Amid higher taxes, tighter scrutiny of bank accounts, and internet outages, many Russians are turning to cash
- Check Index, the analytics unit of Platform OFD — Russia’s largest fiscal data operator — reported that the share of cash payments in total transactions rose to 30 percent in April, up 5 percentage points from the same period in 2025, when it stood at 25 percent. The figure is especially high — above 35 percent — in sectors including grocery retail, furniture, construction, hospitality, and auto parts.
- SberIndex, a service run by Sber — Russia’s largest bank — recorded a broadly similar trend: cash accounted for about 29 percent of payments in March, up from about 26 percent in December 2025. In late April, Sber’s deputy chief, Taras Skvortsov, also said that the share of cashless transactions in the country had begun to fall. The bank was seeing the shift toward cash “not just as signals but in the numbers,” the executive said.

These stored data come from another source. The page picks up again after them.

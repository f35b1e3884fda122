//! Distinct numbers, found by their order.

ghost use Rattle.std.specs.Prelude.{◌≡◌, ◌∷◌, ◌++◌, [], OnOk, OnErr, false};
ghost use Rattle.mdb_items.specs.Numbers.{has_number};

use std::alloc::{AllocError, Global};
use std::collections::BTreeSet;
use std::marker::Model;
use std::snapshot::Snapshot;

/// Distinct numbers in the order in which they were first seen. A tree finds them: who writes a sheet picks its numbers,
/// and could make a hash of them slow.
#[derive(Drop)]
pub struct Numbers {
    tree: BTreeSet<i128>,
    /// The numbers as they came, for contracts alone: a snapshot takes no memory.
    order: Vec<Snapshot<i128>>,
}

impl Model for Numbers {
    ghost use Rattle.std.specs.Prelude.{List, ℤ};
    ghost use Rattle.mdb_rules.specs.NotedNumbers.{HaveSameNumbers, noted_numbers};

    ghost Value = { List ℤ };

    ghost view = { λ n. noted_numbers n.order.items };

    ghost invariant = { λ n. HaveSameNumbers n.tree.keys (noted_numbers n.order.items) };
}

impl Numbers {
    pub fn new(alloc: Global) -> Numbers
        ensures { result ≡ [] }
    {
        Numbers {
            tree: BTreeSet::new(alloc),
            order: Vec::new(alloc),
        }
    }

    pub fn contains(&self, number: i128) -> bool
        ensures { result ≡ has_number number self.now }
    {
        self.tree.contains(&number)
    }

    /// Adds a number that is not there. It goes last. Where there's no memory the numbers stay as they were.
    pub fn add(&mut self, number: i128) -> Result<(), AllocError>
        requires { has_number number self.old ≡ false }
        ensures added { OnOk result (self.new ≡ self.old ++ number ∷ []) }
        ensures kept { OnErr result (self.new ≡ self.old) }
    {
        self.order.reserve(1)?;
        self.tree.insert(number)?;
        self.order.push_reserved(Snapshot::of(&number));
        Ok(())
    }
}
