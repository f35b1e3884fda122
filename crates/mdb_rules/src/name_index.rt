//! Distinct names, found by their hashes.

ghost use Rattle.std.specs.Prelude.{◌≡◌, ◌∷◌, ◌++◌, [], OnOk, OnErr, None};
ghost use Rattle.mdb_items.specs.Texts.{place_of};

use indexmap::IndexSet;
use std::alloc::{AllocError, Global};
use std::marker::Model;

/// Distinct names, numbered in the order in which they were first seen, by a hash that doesn't outlive the sheets (D-67).
#[derive(Drop)]
pub struct NameIndex {
    set: IndexSet<Vec<u8>>,
}

impl Model for NameIndex {
    ghost use Rattle.std.specs.Prelude.{List, ℕ, map};

    ghost Value = { List (List ℕ) };

    ghost view = { λ a. map (λ k. k.items) a.set.keys };
}

impl NameIndex {
    pub fn new(alloc: Global) -> NameIndex
        ensures { result ≡ [] }
    {
        NameIndex {
            set: IndexSet::new(alloc),
        }
    }

    /// The number of a name.
    pub fn number(&self, name: &[u8]) -> Option<usize>
        ensures { result ≡ place_of name.now self.now }
    {
        self.set.get_index_of(name)
    }

    /// Adds a name that is not there. It goes last. Where there's no memory the names stay as they were.
    pub fn add(&mut self, name: Vec<u8>) -> Result<(), AllocError>
        requires { place_of name.items self.old ≡ None }
        ensures added { OnOk result (self.new ≡ self.old ++ name.items ∷ []) }
        ensures kept { OnErr result (self.new ≡ self.old) }
    {
        self.set.insert(name)?;
        Ok(())
    }
}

Russia’s central bank disputes these figures: according to the regulator’s own data, the share of cashless payments in retail turnover grew by 0.9 percentage points in the first quarter of 2026, reaching a record 88.9 percent. The share of cash withdrawal transactions fell 4 percent in both number and total volume.
Even so, the central bank acknowledges that the volume of cash in the monetary base grew 3.5 percent in April, to 20.2 trillion rubles, and by 14 percent over the year. Alla Bakina, the head of the central bank’s national payment system department, said the regulator’s own figures show no shift toward cash. In her view, demand for cash has grown because people want a reserve on hand in case they run into payment problems.
The trend was sharpest in early May: in the first half of the month alone, 330 billion rubles in cash flowed into the economy through bank branches and ATMs. The central bank attributed the surge to widespread mobile internet outages, which are prompting households and businesses to build up cash reserves for everyday use.
The regulator also tied the March–April rise in cash demand to a possible “adaptation to tax changes”: starting in 2026, card processing services became subject to a 22 percent value-added tax, making cashless payments more expensive for businesses to accept. Card processing fees in Russia average 1 to 3 percent of the transaction total, so for businesses with thin margins — including food services, building materials, and auto parts — those percentage points can eat into a significant share of profit. Accepting cash avoids that fee entirely.